Campbell served as president of the Southern Association of Colleges and Schools.[6] He also served as President of the Florida Baptist Convention, and was called an "outstanding Baptist layman".[8] He was a sometime Sunday school teacher, and a frequent speaker before groups of religious leaders,[9] such as the West Florida Baptist Pastors Conference.[8]
During Campbell's presidency, Florida came under increasing pressure to integrate its university system after the unanimous Brown v. Board of Education decision of 1954. At that time, only white students were admitted to Florida State or the University of Florida. Campbell has been described as strongly opposed to the admission of African-American students to Florida State.[10] In 2020, Campbell's grandson defended him, arguing that "He was not promoting segregation. He was concerned about protecting the tranquility of the school." According to James Schnur, "Campbell exacted deference from the campus community, suppressed the liberal editorial policy of the semi-weekly Florida Flambeau newspaper, and refused to tolerate any breach of racial segregation. He forced the campus chapter of the American Association of University Professors (AAUP) to cancel a regional conference at FSU when he learned that black faculty members from the neighboring Florida Agricultural and Mechanical University (FAMU) planned to attend."[11] [12]
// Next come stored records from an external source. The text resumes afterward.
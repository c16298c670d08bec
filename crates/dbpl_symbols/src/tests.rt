// With ample memory each call has its answer, also where there are many names. Each row is a function of its own, so
// that few values are alive in it.
use crate::{
    Decl, DeclareErr, Exports, Origin, Scope, Sort, StandardProcedure, copy_decl, copy_sort,
    exported, in_out, interface, make_scope,
};
use dbpl_base::{List, Memory, Name, Shared, name_of};
use dbpl_core::InOutProcedure;
use dbpl_value::{DbType, Head, Param};
use std::alloc::Global;
use std::test::Fail;

/// The number of a constant.
fn number(decl: Option<&Decl>) -> Option<i64> {
    match decl {
        Some(Decl::Whole(number)) => Some(*number),
        Some(Decl::Num(_, number)) => Some(*number),
        _ => None,
    }
}

/// Whether the name is declared as this number, and not refused as declared twice.
fn is_added(alloc: Global, scope: &mut Scope, name: &Name, number: i64) -> Result<bool, Memory> {
    match scope.declare(alloc, name, Decl::Whole(number)) {
        Ok(()) => Ok(true),
        Err(DeclareErr::Twice) => Ok(false),
        Err(DeclareErr::Memory) => Err(Memory),
    }
}

/// A name is declared twice at one level, then once at the next, and that level is left.
fn levels(alloc: Global) -> Result<bool, Memory> {
    let x = name_of(alloc, b"x")?;
    let mut scope = make_scope(alloc)?;
    scope.enter()?;
    let first = is_added(alloc, &mut scope, &x, 1)?;
    let second = is_added(alloc, &mut scope, &x, 2)?;
    scope.enter()?;
    let inner = is_added(alloc, &mut scope, &x, 3)?;
    let inside = number(scope.look(&x));
    scope.leave();
    let outside = number(scope.look(&x));
    scope.leave();
    scope.leave();
    let nowhere = scope.look(&x).is_none();
    Ok(first && !second && inner && inside == Some(3) && outside == Some(1) && nowhere)
}
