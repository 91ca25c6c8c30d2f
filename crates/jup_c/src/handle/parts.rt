//! A box, as its pointer and its allocator.
ghost use Rattle.std.specs.Prelude.{◌≡◌};
ghost use Rattle.std_alloc.specs.Box.Ownership.{box_owns};

use std::alloc::Allocator;
use std::marker::Model;

/// What a box owns, with its pointer in sight.
pub(super) struct Parts<T, A: Allocator> {
    pub(super) at: *mut T,
    pub(super) alloc: A,
    pub(super) ghost value: { T },
}

impl<T, A: Allocator> Model for Parts<T, A> {
    ghost also_owns = { λ p. box_owns (A.dealloc_token p.alloc) T.row p.at p.value };
}

impl<T, A: Allocator> Parts<T, A> {
    /// The parts of a box.
    pub(super) fn of(held: Box<T, A>) -> Parts<T, A>
    where
        T: Drop,
        ensures { result.value ≡ held.value }
    {
        let (at, alloc) = Box::into_raw_with_allocator(held);
        Parts { at, alloc }
    }

    /// The box of these parts.
    pub(super) fn into_box(self) -> Box<T, A>
        ensures { result.value ≡ self.value }
    {
        let Parts { at, alloc } = self;
        unsafe { Box::from_raw(alloc, at) }
    }
}
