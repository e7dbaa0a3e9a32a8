//! The two example changes of several files that the rows make by a `Stage` of `journal_core`. Both
//! remove the file `x` and write the file `y`, whose one byte is `2`. The second change also writes
//! the file `z`, whose one byte is `3`. The calls of a stage are in `docs/crash-safety.md`, "A
//! change of several files", in the table of its steps.
ghost use Rattle.std.specs.Prelude.{◌≡◌, ◌<◌, ◌+◌, [], ◌∷◌, ◌++◌, false, codes, length, IfOk, IfSome, OnOk};
ghost use Rattle.journal_core.specs.Staged.{new_stage_of_removals_and_writes};

use base_core::{Disk, Name, Names};
use journal_core::{Stage, apply_all};
use journal_recovery::recover;
use row_lines::{Answer, value_named};
use std::alloc::{AllocError, Global};
use tree_memory::MemoryTree;

/// Which of the two changes a row makes.
#[derive(Clone, Copy)]
pub enum StagedChange {
    /// The change removes the file `x` and writes the file `y`.
    OneWrite,
    /// The change removes the file `x` and writes the files `y` and `z`.
    TwoWrites,
}

/// The progress of a change, as its calls have reported it.
#[derive(Clone, Copy)]
pub enum Reached {
    /// A call has failed before the commit of the journal entry (intent) was reported.
    Nothing,
    /// The commit of the journal entry (intent) was reported, and a later call has failed.
    Published,
    /// All removals and moves of the change are done, and its journal entry is removed.
    Finished,
}

/// The change that the word `one` or `two` of a row names; None for another word.
pub(crate) fn change_named(word: &[u8]) -> Option<StagedChange> {
    value_named(
        &[
            (b"one", StagedChange::OneWrite),
            (b"two", StagedChange::TwoWrites),
        ],
        word,
    )
}

/// Adds the word for the progress of a change to the answer.
pub(crate) fn add_reached(answer: &mut Answer, reached: Reached) {
    answer.add_word(match reached {
        Reached::Nothing => b"nothing",
        Reached::Published => b"published",
        Reached::Finished => b"finished",
    })
}

/// Recovers the tree, makes the change, and returns how far the change came. This is `Nothing` if
/// the recovery fails, or if memory runs out before the change begins.
pub(crate) fn run_change(alloc: Global, change: StagedChange, tree: &mut MemoryTree) -> Reached {
    if recover(alloc, tree).is_err() {
        return Reached::Nothing;
    }
    match change {
        StagedChange::OneWrite => run_one_write(alloc, tree),
        StagedChange::TwoWrites => run_two_writes(alloc, tree),
    }
}

/// Makes the change that removes `x` and writes `y`, and returns how far it came.
fn run_one_write(alloc: Global, tree: &mut MemoryTree) -> Reached {
    let Ok(Some(mut stage)) = begin_one_write(alloc) else {
        return Reached::Nothing;
    };
    if stage_file(&mut stage, tree, b"2").is_err() {
        return Reached::Nothing;
    }
    commit(&mut stage, tree)
}

/// Makes the change that removes `x` and writes `y` and `z`, and returns how far it came.
fn run_two_writes(alloc: Global, tree: &mut MemoryTree) -> Reached {
    let Ok(Some(mut stage)) = begin_two_writes(alloc) else {
        return Reached::Nothing;
    };
    if stage_file(&mut stage, tree, b"2").is_err() || stage_file(&mut stage, tree, b"3").is_err() {
        return Reached::Nothing;
    }
    commit(&mut stage, tree)
}

// ---- the parts of a change

/// The stage of the change that removes `x` and writes `y`. No file is staged so far.
fn begin_one_write(alloc: Global) -> Result<Option<Stage>, AllocError>
    // The stage is new, with these removals and writes.
    ensures { IfOk result (λ found. IfSome found
        (λ stage. stage ≡ new_stage_of_removals_and_writes (codes "x" ∷ []) (codes "y" ∷ []))) }
{
    let Some(removals) = one_name(alloc, b"x")? else {
        return Ok(None);
    };
    let Some(writes) = one_name(alloc, b"y")? else {
        return Ok(None);
    };
    match Stage::begin(alloc, &removals, &writes) {
        Ok(stage) => Ok(Some(stage)),
        Err(_) => Ok(None),
    }
}

/// The stage of the change that removes `x` and writes `y` and `z`. No file is staged so far.
fn begin_two_writes(alloc: Global) -> Result<Option<Stage>, AllocError>
    // The stage is new, with these removals and writes.
    ensures { IfOk result (λ found. IfSome found
        (λ stage. stage ≡ new_stage_of_removals_and_writes (codes "x" ∷ [])
        (codes "y" ∷ codes "z" ∷ []))) }
{
    let Some(removals) = one_name(alloc, b"x")? else {
        return Ok(None);
    };
    let Some(writes) = one_name(alloc, b"y")? else {
        return Ok(None);
    };
    let Some(writes) = one_more_name(alloc, writes, b"z")? else {
        return Ok(None);
    };
    match Stage::begin(alloc, &removals, &writes) {
        Ok(stage) => Ok(Some(stage)),
        Err(_) => Ok(None),
    }
}

/// A list with this one name; None if the bytes are no valid name.
fn one_name(alloc: Global, bytes: &[u8]) -> Result<Option<Names>, AllocError>
    // The list has exactly this name.
    ensures { IfOk result (λ found. IfSome found (λ names. names ≡ bytes.now ∷ [])) }
{
    let Some(name) = Name::read(alloc, bytes)? else {
        return Ok(None);
    };
    let mut names = Names::new(alloc);
    names.push(name)?;
    Ok(Some(names))
}

/// The list `names` with one name more at its end; None if the bytes are no valid name.
fn one_more_name(alloc: Global, names: Names, bytes: &[u8]) -> Result<Option<Names>, AllocError>
    // The list has this name after the given ones.
    ensures { IfOk result (λ found. IfSome found (λ more. more ≡ names ++ bytes.now ∷ [])) }
{
    let Some(name) = Name::read(alloc, bytes)? else {
        return Ok(None);
    };
    let mut names = names;
    names.push(name)?;
    Ok(Some(names))
}

/// Stages the file of the next write, with these bytes.
fn stage_file(stage: &mut Stage, tree: &mut MemoryTree, bytes: &[u8]) -> Result<(), Disk>
    // No staged file is begun and not yet ended.
    requires closed { stage.old.is_open ≡ false }
    // A write is left whose file is not staged.
    requires more { stage.old.staged < length stage.old.intent.writes }
    // On Ok, one more file is staged.
    ensures { OnOk result
        (stage.new ≡ record stage.old { staged = stage.old.staged + 1; is_open = false }) }
{
    stage.file_begin(tree)?;
    stage.file_append(tree, bytes)?;
    stage.file_end(tree)
}

/// Commits the journal entry of the change, does all its actions, and removes the entry. Returns
/// how far the change came.
fn commit(stage: &mut Stage, tree: &mut MemoryTree) -> Reached
    // No staged file is begun and not yet ended.
    requires closed { stage.old.is_open ≡ false }
    // All writes have their staged files.
    requires all { stage.old.staged ≡ length stage.old.intent.writes }
{
    if stage.publish(tree).is_err() {
        return Reached::Nothing;
    }
    if apply_all(stage, tree).is_err() || stage.finish(tree).is_err() {
        return Reached::Published;
    }
    Reached::Finished
}
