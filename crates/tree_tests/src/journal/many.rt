//! The answer to the question `many`: a journal entry (intent) with so many writes that a
//! comparison of each pair of its names would take too long. Such an entry passes the tests of
//! `docs/formats.md`, "Tests of a container", also the test that no name is repeated.
use crate::tree_words::{add_count, long_at, put};
use adb_schema::INTENT_WORD;
use adb_view::Val;
use adb_write::{Writer, file_of};
use base_core::{Name, Names, Words};
use journal_intent::PreparedIntent;
use journal_recovery::recover;
use row_lines::Answer;
use std::alloc::{AllocError, Global};
use tree_memory::MemoryTree;

/// The number in the name of the first write. All numbers have six digits, so that the names are in
/// byte order, and a tree in memory adds each name at its end.
const FIRST_NUMBER: usize = 100_000;

/// The most bytes that a payload may have (`docs/formats.md`, "Canonical layout").
const MOST_BYTES: usize = 268_435_455;

/// The greatest number of writes in a journal entry that a row may ask for. The number of those
/// writes that are not done yet has the same limit.
const MOST_WRITES: u64 = 65_536;

/// Answers `many WRITES WAITING`: makes a journal entry with WRITES writes, of which the files of
/// the last WAITING are still staged. Adds how many names are read back from the entry. Then adds
/// whether a recovery succeeds, how many calls wrote, and how many files have their final names.
pub(crate) fn add_many_writes(
    alloc: Global,
    words: &Words,
    answer: &mut Answer,
) -> Result<(), AllocError> {
    let count = long_at(words, 1).min(MOST_WRITES) as usize;
    let waiting = long_at(words, 2).min(MOST_WRITES) as usize;
    let Some(file) = intent_file(alloc, count)? else {
        answer.push(b"no intent");
        return Ok(());
    };
    let mut tree = MemoryTree::new(alloc);
    put_many_writes(alloc, &mut tree, &file, count, waiting)?;
    add_count(answer, b"read", names_read(alloc, file));
    add_recovery(alloc, &mut tree, answer)
}

/// Recovers a tree. Adds whether this succeeds, how many calls on the tree wrote, and how many
/// files have their final names.
fn add_recovery(
    alloc: Global,
    tree: &mut MemoryTree,
    answer: &mut Answer,
) -> Result<(), AllocError> {
    let recovered = recover(alloc, tree).is_ok();
    answer.add_word(if recovered { b"ok" } else { b"refused" });
    add_count(answer, b"writes", tree.writes());
    add_count(answer, b"names", names_in_place(&tree.names(alloc)?));
    Ok(())
}

/// The name of the write with this index: `f` and a number of six digits.
fn name_of(i: usize) -> [u8; 7] {
    let mut name = *b"f000000";
    let mut number = FIRST_NUMBER.saturating_add(i);
    // The last digit of the number is the last byte of the name.
    for place in 1..name.len() {
        name[7 - place] = b'0' + (number % 10) as u8;
        number /= 10;
    }
    name
}

/// Whether a name is that of the write with this index.
fn is_name_of(name: &Name, i: usize) -> bool {
    name.as_bytes() == name_of(i).as_slice()
}

/// The file of a journal entry with no removals and `count` writes, or None if the writer refuses
/// it or its payload is too long.
fn intent_file(alloc: Global, count: usize) -> Result<Option<Vec<u8>>, AllocError> {
    let mut writer = Writer::new(alloc);
    let root = write_intent(alloc, &mut writer, count)?;
    match writer.finish(root) {
        Ok(payload) => file_of_payload(alloc, &payload),
        Err(_) => Ok(None),
    }
}

/// Writes the value of a journal entry with no removals and `count` writes.
fn write_intent(alloc: Global, writer: &mut Writer, count: usize) -> Result<Val, AllocError> {
    let mut names = Vec::new(alloc);
    for i in 0..count {
        names.push(writer.blob(&name_of(i))?)?;
    }
    let writes = writer.arr(&names)?;
    // The word 0 is null: there are no removals.
    writer.obj(&[Val::of(0), writes])
}

/// The file of a journal entry with this payload, or None if the payload is too long.
fn file_of_payload(alloc: Global, payload: &[u8]) -> Result<Option<Vec<u8>>, AllocError> {
    if payload.len() > MOST_BYTES {
        return Ok(None);
    }
    Ok(Some(file_of(alloc, INTENT_WORD, payload)?))
}

/// How many writes of the journal entry `file` are read back with the name that belongs to their
/// index; 0 if the entry is refused.
fn names_read(alloc: Global, file: Vec<u8>) -> u64 {
    let Ok(intent) = PreparedIntent::of_file(alloc, file) else {
        return 0;
    };
    let mut read: u64 = 0;
    for i in 0..intent.writes_len() {
        if is_name_of(intent.write(i), i) {
            read = read.saturating_add(1);
        }
    }
    read
}

/// Puts the files of the `count` writes of the journal entry `file` into the tree, and the entry
/// itself. The files of the last `waiting` writes are in the staging area. The others have their
/// final names, as if they had been moved there.
fn put_many_writes(
    alloc: Global,
    tree: &mut MemoryTree,
    file: &[u8],
    count: usize,
    waiting: usize,
) -> Result<(), AllocError> {
    let moved = count.saturating_sub(waiting);
    for i in 0..moved {
        put(alloc, tree, &name_of(i), b"1")?;
    }
    put(alloc, tree, b"lib/apk/intent", file)?;
    for i in moved..count {
        put_staged(alloc, tree, i)?;
    }
    Ok(())
}

/// Puts the staged file of the write with this index into the tree.
fn put_staged(alloc: Global, tree: &mut MemoryTree, i: usize) -> Result<(), AllocError> {
    // Staged files are numbered from 1.
    let number = i.saturating_add(1);
    let name = format!(in alloc; "lib/apk/stage/{number}")?;
    put(alloc, tree, name.as_bytes(), b"1")
}

/// How many names of a tree are the final name of a write: the name at an index, in byte order, is
/// the name of the write with this index.
fn names_in_place(names: &Names) -> u64 {
    let mut found: u64 = 0;
    for i in 0..names.len() {
        if is_name_of(names.get(i), i) {
            found = found.saturating_add(1);
        }
    }
    found
}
At the time, Tallahassee was racially uneasy because, following the successful Montgomery bus boycott of 1956 and the Supreme Court case Browder v. Gayle, local activists, including some students, boycotted Tallahassee buses seeking to integrate them as well. The Florida Board of Control, which ran the state's universities, warned students not to get involved in "the Tallahassee integration dispute".[13] In an episode that was reported on nationally, Campbell had no hesitation in expelling a graduate student, John Boardman, who spoke "urging support of a Negro candidate for the Tallahassee City Commission against the white incumbent", and who invited three African students (not African-American) to an FSU party.[14] [15] Campbell required the student newspaper, the Florida Flambeau, to devote less space to integration.[16] [17] He went on record denying that he had said that there would eventually be Negro students at FSU.[18] [19] He expressed regret that Tallahassee Negroes seeking to end segregation were not meeting in juke joints, because it would have been easy to ban FSU students from them. But they met in churches, leaving Campbell "in a quandary over how to ban student support of integration".[20]
Campbell retired from his position on June 30, 1957,[2] [21] [22] [23] but remained in Tallahassee as president emeritus of Florida State until his death on March 23, 1973.
Campbell supported a sports program at Florida State, and encouraged the construction of a football stadium. The stadium was completed in 1950, and named Doak S. Campbell Stadium in his honor.[24] [25]
In June 2020 there was a student petition to remove his name from the stadium because of his opposition to admitting black students, and to rename it for former coach Bobby Bowden.[10] [26] FSU President John Thrasher asked Athletics Director David Coburn "to immediately review this issue and make recommendations to me."[25] As of February 2023 there has been no response.
Campbell donated all his papers, correspondence, etc. to Special Collections, Strozier Library (Florida State's main library), where they may be consulted.